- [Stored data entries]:

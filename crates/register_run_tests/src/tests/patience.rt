//! How a thread waits, by clocks that cannot be read, stand still, go back, jump or run.

use lane_rings::{Gone, Patience, Sender, patient_lane};
use std::alloc::Global;
use std::cell::Cell;
use std::io;
use std::io::ErrorKind;
use std::sync::Wait;
use std::time::{Clock, CpuClock, Duration};

// What a clock does each time it is read, in microseconds.
#[derive(Clone, Copy)]
enum Step {
    Fails,
    Forward(u64),
    Back(u64),
}

const HOUR: u64 = 3_600_000_000;

// Clocks by which a thread yields.
static NO_CLOCK: [(&str, Step); 3] = [
    ("cannot be read", Step::Fails),
    ("stands still", Step::Forward(0)),
    ("goes back", Step::Back(1000)),
];

// By readings of the clock that are so far apart each yield is long, and six milliseconds lie between the ends of two.
const BETWEEN_READINGS: u64 = 3000;

// What a step makes of what a clock shows.
fn read(step: Step, shown: &Cell<u64>) -> io::Result<Duration> {
    let now = match step {
        Step::Fails => return Err(io::Error::from(ErrorKind::Unsupported)),
        Step::Forward(micros) => shown.get().wrapping_add(micros),
        Step::Back(micros) => shown.get().wrapping_sub(micros),
    };
    shown.set(now);
    Ok(Duration::from_micros(now))
}

// The clock and that of the process, and how often the clock was slept by, and the longest of these sleeps in
// microseconds.
#[derive(Drop)]
struct StepClock {
    step: Step,
    now: Cell<u64>,
    process: Step,
    used: Cell<u64>,
    sleeps: Cell<u64>,
    longest: Cell<u64>,
}

impl StepClock {
    // The process uses next to nothing: others are at work.
    fn new(step: Step) -> StepClock {
        StepClock::with_process(step, Step::Forward(1))
    }

    fn with_process(step: Step, process: Step) -> StepClock {
        StepClock {
            step,
            now: Cell::new(100 * HOUR),
            process,
            used: Cell::new(100 * HOUR),
            sleeps: Cell::new(0),
            longest: Cell::new(0),
        }
    }

    // By this clock each yield is long.
    fn of_long_yields(process: Step) -> StepClock {
        StepClock::with_process(Step::Forward(BETWEEN_READINGS), process)
    }

    // Rests so often: the sleeps that came of it, and the longest of them.
    fn rest(&self, patience: &mut Patience, rests: u32) -> (u64, u64) {
        self.sleeps.set(0);
        self.longest.set(0);
        for _ in 0..rests {
            patience.rest(self);
        }
        (self.sleeps.get(), self.longest.get())
    }

    // The sleeps of so many waits that rest once each.
    fn rest_anew(&self, patience: &mut Patience, waits: u32) -> (u64, u64) {
        self.sleeps.set(0);
        self.longest.set(0);
        for _ in 0..waits {
            patience.renew();
            patience.rest(self);
        }
        (self.sleeps.get(), self.longest.get())
    }
}

impl Clock for StepClock {
    fn monotonic(&self) -> io::Result<Duration> {
        read(self.step, &self.now)
    }

    fn since_1970(&self) -> io::Result<Duration> {
        self.monotonic()
    }

    fn sleep(&self, duration: Duration) {
        let micros = u64::from(duration.subsec_micros());
        self.sleeps.set(self.sleeps.get().wrapping_add(1));
        self.longest.set(self.longest.get().max(micros));
        self.now.set(self.now.get().wrapping_add(micros));
    }
}

impl CpuClock for StepClock {
    fn thread_cpu_time(&self) -> io::Result<Duration> {
        self.process_cpu_time()
    }

    fn process_cpu_time(&self) -> io::Result<Duration> {
        read(self.process, &self.used)
    }
}

// Whether a thread never sleeps by such a clock, in one wait and in many, and yields that are all long never lead to a
// nap by such a clock of the process.
fn never_sleeps(step: Step) -> bool {
    let mut patience = Patience::for_run(1, 4);
    let clock = StepClock::new(step);
    clock.rest(&mut patience, 1000) == (0, 0)
        && clock.rest_anew(&mut patience, 1000) == (0, 0)
        && never_naps(step)
}

// Whether, by a clock that jumps an hour a reading, the second long yield leads to naps, and a wait that lasted hours
// to a sleep of ten milliseconds.
fn naps_and_sleeps_by_jumps() -> bool {
    let clock = StepClock::new(Step::Forward(HOUR));
    let mut patience = Patience::for_run(1, 4);
    clock.rest_anew(&mut patience, 2) == (0, 0)
        && clock.rest(&mut patience, 256) == (256, 12)
        && clock.rest(&mut patience, 1) == (1, 10_000)
}

// Whether a wait by a clock that runs a millisecond a reading yields three times, and then sleeps an eighth of the six
// milliseconds that it has lasted, and a millisecond at most later on; a new wait yields again.
fn sleeps_longer_in_a_long_wait() -> bool {
    let clock = StepClock::new(Step::Forward(1000));
    let mut patience = Patience::for_run(1, 4);
    clock.rest(&mut patience, 3) == (0, 0)
        && clock.rest(&mut patience, 1) == (1, 750)
        && clock.rest(&mut patience, 10) == (10, 1000)
        && clock.rest_anew(&mut patience, 1) == (0, 0)
}

// What a wait that has lasted so long sleeps, 0 where it yields: an eighth of itself up to a millisecond, and in a
// silence less of itself, up to ten milliseconds.
static SLEEPS: [(u64, u64); 10] = [
    (5000, 0),
    (5008, 626),
    (8000, 1000),
    (100_000, 1000),
    (249_999, 1000),
    (250_000, 976),
    (512_000, 2000),
    (1_024_000, 4000),
    (2_560_000, 10_000),
    (HOUR, 10_000),
];

// The sleep of a wait that has lasted so long.
fn sleep_after(waited: u64) -> u64 {
    let clock = StepClock::new(Step::Forward(0));
    let mut patience = Patience::for_run(1, 4);
    clock.rest(&mut patience, 1);
    clock.now.set(clock.now.get().wrapping_add(waited));
    clock.rest(&mut patience, 1).1
}

// The first wait that does not sleep so.
fn wrong_sleep() -> Option<u64> {
    for (waited, sleep) in &SLEEPS {
        if sleep_after(*waited) != *sleep {
            return Some(*waited);
        }
    }
    None
}

// Whether yields that are all long never lead to a nap by such a clock of the process.
fn never_naps(process: Step) -> bool {
    let mut patience = Patience::for_run(1, 4);
    StepClock::of_long_yields(process).rest_anew(&mut patience, 1000) == (0, 0)
}

// The nap after two long yields of a run with so many sources on so many processors, between which the process had so
// many microseconds, 0 where there is none: one follows a share under seven eighths of six milliseconds of one
// processor or of four, which are 5250 microseconds, and 21,000.
static NAPS: [(usize, usize, u64, u64); 9] = [
    (1, 1, 5249, 12),
    (1, 1, 5250, 0),
    (1, 1, 6000, 0),
    (4, 4, 20_999, 12),
    (4, 4, 21_000, 0),
    (4, 4, 24_000, 0),
    (5, 4, 20_999, 100),
    (5, 4, 21_000, 0),
    (5, 4, 24_000, 0),
];

// The nap after two long yields.
fn nap_after(sources: usize, processors: usize, used: u64) -> u64 {
    let mut patience = Patience::for_run(sources, processors);
    StepClock::of_long_yields(Step::Forward(used))
        .rest_anew(&mut patience, 3)
        .1
}

// The first share that is not followed so.
fn wrong_nap() -> Option<(usize, u64)> {
    for (sources, processors, used, nap) in &NAPS {
        if nap_after(*sources, *processors, *used) != *nap {
            return Some((*sources, *used));
        }
    }
    None
}

// Whether so many naps of a run with so many sources follow the first time, and so many the next time.
fn naps_grow(sources: usize, naps: [u32; 2], nap: u64) -> bool {
    let clock = StepClock::of_long_yields(Step::Forward(1));
    let mut patience = Patience::for_run(sources, 4);
    clock.rest_anew(&mut patience, 2) == (0, 0)
        && clock.rest_anew(&mut patience, naps[0]) == (u64::from(naps[0]), nap)
        && clock.rest_anew(&mut patience, 1) == (0, 0)
        && clock.rest_anew(&mut patience, naps[1]) == (u64::from(naps[1]), nap)
        && clock.rest_anew(&mut patience, 1) == (0, 0)
}

// The nap of a thread.
fn nap_of(patience: Patience) -> u64 {
    let mut patience = patience;
    StepClock::of_long_yields(Step::Forward(1))
        .rest_anew(&mut patience, 3)
        .1
}

// Whether these are the naps of the reader's thread and of those one and two lanes downstream.
fn naps_by_lane(sources: usize, processors: usize, naps: [u64; 3]) -> bool {
    let reader = Patience::for_run(sources, processors);
    let converter = reader.one_lane_downstream();
    let writer = converter.one_lane_downstream();
    [nap_of(reader), nap_of(converter), nap_of(writer)] == naps
}

// The runtime of a lane by a clock at whose first reading the sender leaves the lane.
#[derive(Drop)]
struct LeavingClock<'a, R> {
    rt: &'a R,
    clock: StepClock,
    sender: Cell<Option<Sender<u32>>>,
}

impl<'a, R: Wait> Wait for LeavingClock<'a, R> {}

impl<'a, R> Clock for LeavingClock<'a, R> {
    fn monotonic(&self) -> io::Result<Duration> {
        drop(self.sender.take());
        self.clock.monotonic()
    }

    fn since_1970(&self) -> io::Result<Duration> {
        self.monotonic()
    }

    fn sleep(&self, duration: Duration) {
        self.clock.sleep(duration);
    }
}

impl<'a, R> CpuClock for LeavingClock<'a, R> {
    fn thread_cpu_time(&self) -> io::Result<Duration> {
        self.clock.thread_cpu_time()
    }

    fn process_cpu_time(&self) -> io::Result<Duration> {
        self.clock.process_cpu_time()
    }
}

// Whether a receiver whose last wait was so long that it slept begins the next one anew: it yields before it looks
// again, and finds the sender gone.
fn waits_anew(rt: &impl Wait, alloc: Global) -> bool {
    let clock = StepClock::new(Step::Forward(1000));
    let mut patience = Patience::for_run(1, 4);
    let slept = clock.rest(&mut patience, 4);
    clock.sleeps.set(0);
    let Ok((sender, mut receiver)) = patient_lane(alloc, 1, patience) else {
        return false;
    };
    let clock = LeavingClock {
        rt,
        clock,
        sender: Cell::new(Some(sender)),
    };
    let is_gone = receiver.wait(&clock) == Err(Gone { value: () });
    is_gone && slept == (1, 750) && clock.clock.sleeps.get() == 0
}

// What a thread does that waits, and whether it does it.
fn deeds(rt: &impl Wait, alloc: Global) -> [(&'static str, bool); 8] {
    [
        (
            "naps and sleeps by a clock that jumps",
            naps_and_sleeps_by_jumps(),
        ),
        (
            "yields by a clock of the process that jumps",
            never_naps(Step::Forward(HOUR)),
        ),
        ("sleeps where nothing comes", sleeps_longer_in_a_long_wait()),
        (
            "naps more often beside others that stay, on its own",
            naps_grow(4, [256, 1024], 12),
        ),
        (
            "naps more often beside others that stay, with many",
            naps_grow(5, [64, 256], 100),
        ),
        (
            "naps longer downstream where threads share processors",
            naps_by_lane(1, 2, [12, 17, 22]) && naps_by_lane(5, 2, [100, 115, 130]),
        ),
        (
            "naps no longer downstream on many processors",
            naps_by_lane(1, 4, [12; 3]) && naps_by_lane(5, 4, [100; 3]),
        ),
        ("waits anew each time", waits_anew(rt, alloc)),
    ]
}

#[test]
fn a_thread_waits_by_its_clocks(rt: HostRuntime) {
    for (name, step) in &NO_CLOCK {
        assert!(rt; never_sleeps(*step), "by a clock that {name}");
    }
    for (deed, is_done) in deeds(&rt, rt.alloc()) {
        assert!(rt; is_done, "a thread {deed}");
    }
    let wrong = (wrong_sleep(), wrong_nap());
    assert!(rt; wrong == (None, None), "{wrong:?}");
}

- [Exercise]:
Transcribe the records above from the line holding "milliseconds of one" down to the line holding "the next time.", inclusive, without adding anything.

- [Solution to this exercise]:
// many microseconds, 0 where there is none: one follows a share under seven eighths of six milliseconds of one
// processor or of four, which are 5250 microseconds, and 21,000.
static NAPS: [(usize, usize, u64, u64); 9] = [
    (1, 1, 5249, 12),
    (1, 1, 5250, 0),
    (1, 1, 6000, 0),
    (4, 4, 20_999, 12),
    (4, 4, 21_000, 0),
    (4, 4, 24_000, 0),
    (5, 4, 20_999, 100),
    (5, 4, 21_000, 0),
    (5, 4, 24_000, 0),
];

// The nap after two long yields.
fn nap_after(sources: usize, processors: usize, used: u64) -> u64 {
    let mut patience = Patience::for_run(sources, processors);
    StepClock::of_long_yields(Step::Forward(used))
        .rest_anew(&mut patience, 3)
        .1
}

// The first share that is not followed so.
fn wrong_nap() -> Option<(usize, u64)> {
    for (sources, processors, used, nap) in &NAPS {
        if nap_after(*sources, *processors, *used) != *nap {
            return Some((*sources, *used));
        }
    }
    None
}

// Whether so many naps of a run with so many sources follow the first time, and so many the next time.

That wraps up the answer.